Foreign applicants holding a higher education entrance qualification which is only conditionally comparable with a German qualification may also be admitted to a course of academic studies, but must pass an assessment test, the so-called Feststellungsprüfung (or in full: Prüfung zur Feststellung der Eignung ausländischer Studienbewerber für die Aufnahme eines Studiums an Hochschulen in der Bundesrepublik Deutschland), before they can start studying. Alternatively, proof of one or two successfully completed academic years of study at a higher education institution in the home country may also counted.
Responsibility for deciding whether or not a foreign higher education entrance qualification is equivalent to or only conditionally comparable to the German qualification lies with the Ministry of Education and Cultural Affairs in the German federal states and is made on the basis of evaluation standards. We will help you with whether your higher education entrance qualification is equivalent to the German qualification on the DAAD admissions database or the database maintained by the Standing Conference of the Ministers of Education and Cultural Affairs (KMK)
The higher education institutions themselves or the preparatory and foundation courses Studienkollegs which they operate are fundamentally responsible for getting students ready for the assessment test (Feststellungsprüfung) and for setting it.
Holders of a higher education entrance qualification which is recognised as equivalent to the German general higher education entrance qualification (Abitur) may commence their studies as soon as they have proved that they are adequately proficient in the German language by presenting a German language proficiency certificate, the "Deutsche Sprachprüfung für den Hochschulzugang ausländischer Studienbewerber" (DSH) or the TestDaF certificate. Holders of the "Sprachdiplom der Kultusministerkonferenz Stufe II", the "Zentrale Oberstufenprüfung" awarded by the Goethe Institute or the "Großer Sprachdiplom" or "Kleiner Sprachdiplom", also awarded by the Goethe Institute, are exempted from having to take the DSH or TestDaF tests.
The DSH can only be taken at the university or higher education institution itself..

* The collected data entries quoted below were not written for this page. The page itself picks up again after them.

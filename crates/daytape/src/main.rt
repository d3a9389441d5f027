// Prints the day of a tape: the frames accepted and all other whole frames, then the trade's open par and its standing good millions (01, Program daytape).
// Trusted is what the C library's read and write do. All bytes that come are read, up to 64 KiB; what a failing read leaves out is not on the tape.
#![tactic(auto)]

ghost use Rattle.std.specs.Prelude.{◌≡◌, ◌≤◌, true, length, take};
ghost use Rattle.std.specs.Io.KnownBytes.{Consumes};
ghost use Rattle.book.specs.Opening.{values_fine};
ghost use Rattle.daytape.specs.Program.{values_given, ReportsOver, Reports};

use book::{Connection, Lent, Limits, Trade, Values};
use sequence::{Line, Outbound};
use std::io::{self, Read};

const RECORDS: usize = 512;

// The most that is read of standard input.
const TAPE_MAX: usize = 65536;

// What the day gives: the two counts, and the trade's figures.
#[derive(Clone, Copy)]
struct Report {
    accepted: u64,
    others: u64,
    open_par: u64,
    millions: u64,
}

// The trade T1.
const THE_TRADE: Trade = Trade {
    id: *b"T1\0\0\0\0\0\0\0\0\0\0\0\0\0\0",
    length: 2,
    seller: *b"MBAA",
    buyer: *b"MBBB",
    contra: *b"FTBA",
    cusip: *b"01F082630",
    settlement: 7142026,
    price: 98500000000,
    par: 200000000,
    open_par: 200000000,
};

// What the program opens its book with.
#[tactic(auto, unfolding(crate::specs::Program::values_given))]
fn values() -> Values
    ensures { result ≡ values_given }
{
    let mut trades = [image::no_trade(); book::TRADES_MAX];
    trades[0] = THE_TRADE;
    Values {
        trades,
        lent: Lent {
            trade_count: 1,
            holidays: [0; book::HOLIDAYS_MAX],
            holiday_count: 0,
            subscriber: *b"0123",
            limits: Limits {
                ceiling: 2500,
                variance: 10000,
                pools_a_million: 3,
                least: 1000,
            },
        },
        last_message_id: 0,
        connection: Connection {
            id: *b"1200",
            line: Line::start(),
            outbound: Outbound(0),
        },
    }
}

// The day of a tape, over a table of the program's own, with values that are in range. A book that opening refuses is run as well, and each frame put to it gets 42.
fn day_over(v: Values, tape: &[u8]) -> Report
    ensures { values_fine v ≡ true → ReportsOver v tape.now result }
{
    let mut pools = [rows::none(); RECORDS];
    let book = table_open::open_table(v, &mut pools).unwrap_or_else(|refused| refused);
    let day = day::run_day(book, &mut pools, tape);
    let figures = table_figures::table_figures(&day.book, &pools, 0, 0).unwrap_or_default();
    Report {
        accepted: day.accepted,
        others: day.others,
        open_par: figures.open_par,
        millions: figures.millions,
    }
}

// The day of a tape, with the program's values.
#[tactic(auto, using(crate::proofs::Given::given_fine))]
fn day_of(tape: &[u8]) -> Report
    ensures { Reports tape.now result }
{
    day_over(values(), tape)
}

// Reads what comes into a buffer, up to its end, and says how many bytes came: they are the next of the reader's. What a failing read leaves out is not on the tape.
fn read_full<R: Read>(input: &mut R, tape: &mut [u8]) -> usize
    ensures fits { result ≤ length tape.new }
    ensures bytes { Consumes (R.remaining input.old) (R.remaining input.new) (take result tape.new) }
{
    let mut n = 0;
    while n < tape.len() {
        match input.read(&mut tape[n..]) {
            Ok(0) | Err(_) => return n,
            Ok(more) => n += more,
        }
    }
    n
}

fn main(rt: HostRuntime) -> io::Result<()> {
    let mut tape = [0; TAPE_MAX];
    let n = read_full(&mut rt.stdin(), &mut tape);
    let r = day_of(&tape[..n]);
    println!(rt; "day {} {}", r.accepted, r.others)?;
    println!(rt; "trade T1 {} {}", r.open_par, r.millions)
}
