//! Rows as they are stored, and their order.

ghost use Rattle.std.specs.Prelude.{◌≡◌, suc, OnOk, IfOk};
ghost use Rattle.sql_value.specs.Order.{value_cmp};
ghost use Rattle.spec_model.specs.Keys.{key_cmp};
ghost use Rattle.spec_model.specs.Lists.{sorted};
ghost use Rattle.spec_model.specs.Rows.{value_or_null};
ghost use Rattle.format_image.specs.Rows.{stored_at, stored_cmp};

use base_types::Memory;
use sql_types::{IndexRow, TypedValue};
use sql_value::{Value, compare};
use std::cmp::Ordering;

/// A copy of the value of the column with this ordinal, counted from 1; there is none at 0 or behind the
/// last one.
pub(crate) fn copy_at(
    row: &[Option<TypedValue>],
    ordinal: u16,
) -> Result<Option<TypedValue>, Memory>
    ensures { IfOk result (λ value. value ≡ stored_at row.now ordinal) }
{
    if ordinal == 0 {
        return Ok(None);
    }
    copy_in(row, ordinal as usize - 1)
}

/// A copy of the value at this place; there is none behind the last one.
pub(crate) fn copy_in(
    row: &[Option<TypedValue>],
    place: usize,
) -> Result<Option<TypedValue>, Memory>
    ensures { IfOk result (λ value. value ≡ stored_at row.now (suc place)) }
{
    match row.get(place) {
        Some(value) => copy_stored(value),
        None => Ok(None),
    }
}

/// A copy of a stored value; none is NULL.
pub fn copy_stored(value: &Option<TypedValue>) -> Result<Option<TypedValue>, Memory>
    ensures { IfOk result (λ copy. copy ≡ value.now) }
{
    match value {
        Some(typed) => Ok(Some(TypedValue {
            ty: typed.ty,
            value: typed.value.copy()?,
        })),
        None => Ok(None),
    }
}

/// The order of two values, NULL being none.
#[tactic(auto, unfolding(sql_value::specs::Order::value_cmp))]
fn compare_values(a: &Option<TypedValue>, b: &Option<TypedValue>) -> Ordering
    ensures { result ≡ value_cmp (value_or_null a.now) (value_or_null b.now) }
{
    match (a, b) {
        (Some(a), Some(b)) => compare(&a.value, &b.value),
        (Some(a), None) => compare(&a.value, &Value::Null),
        (None, Some(b)) => compare(&Value::Null, &b.value),
        (None, None) => Ordering::Equal,
    }
}

/// The order of two stored rows: by the first value, then by the second, and so on.
#[tactic(auto, unfolding(format_image::specs::Rows::stored_cmp, spec_model::specs::Keys::key_cmp))]
pub(crate) fn compare_stored(a: &[Option<TypedValue>], b: &[Option<TypedValue>]) -> Ordering
    ensures { result ≡ stored_cmp a.now b.now }
{
    match a {
        [] => {
            if b.is_empty() {
                Ordering::Equal
            } else {
                Ordering::Less
            }
        }
        [first, a @ ..] => match b {
            [] => Ordering::Greater,
            [second, b @ ..] => match compare_values(first, second) {
                Ordering::Equal => compare_stored(a, b),
                order => order,
            },
        },
    }
}

/// Sorts stored rows; equal ones keep their order.
pub(crate) fn sort_stored(rows: &mut Vec<IndexRow>) -> Result<(), Memory>
    ensures { OnOk result (rows.new.items ≡ sorted stored_cmp rows.old.items) }
{
    rows.sort_by(|a, b| compare_stored(a.as_slice(), b.as_slice()))?;
    Ok(())
}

Test DaF can be taken in Germany as well as abroad.:
Graduates : -
If you would like to apply to a German higher education institution for a course of graduate studies with the goal of gaining a Master's, Magister or Diplom degree, then you must initially seek placement in an appropriate degree programme. The recognition of the study and examination achievements and certificates which you already hold will play a major role here. Please note that a foreign Bachelor's degree is not always equivalent to a German academic degree, but may, possibly, only be recognised as an intermediate or preliminary qualification.
As a rule, the secretariat of the faculty or department at the higher education institution of your choice will be responsible for this recognition.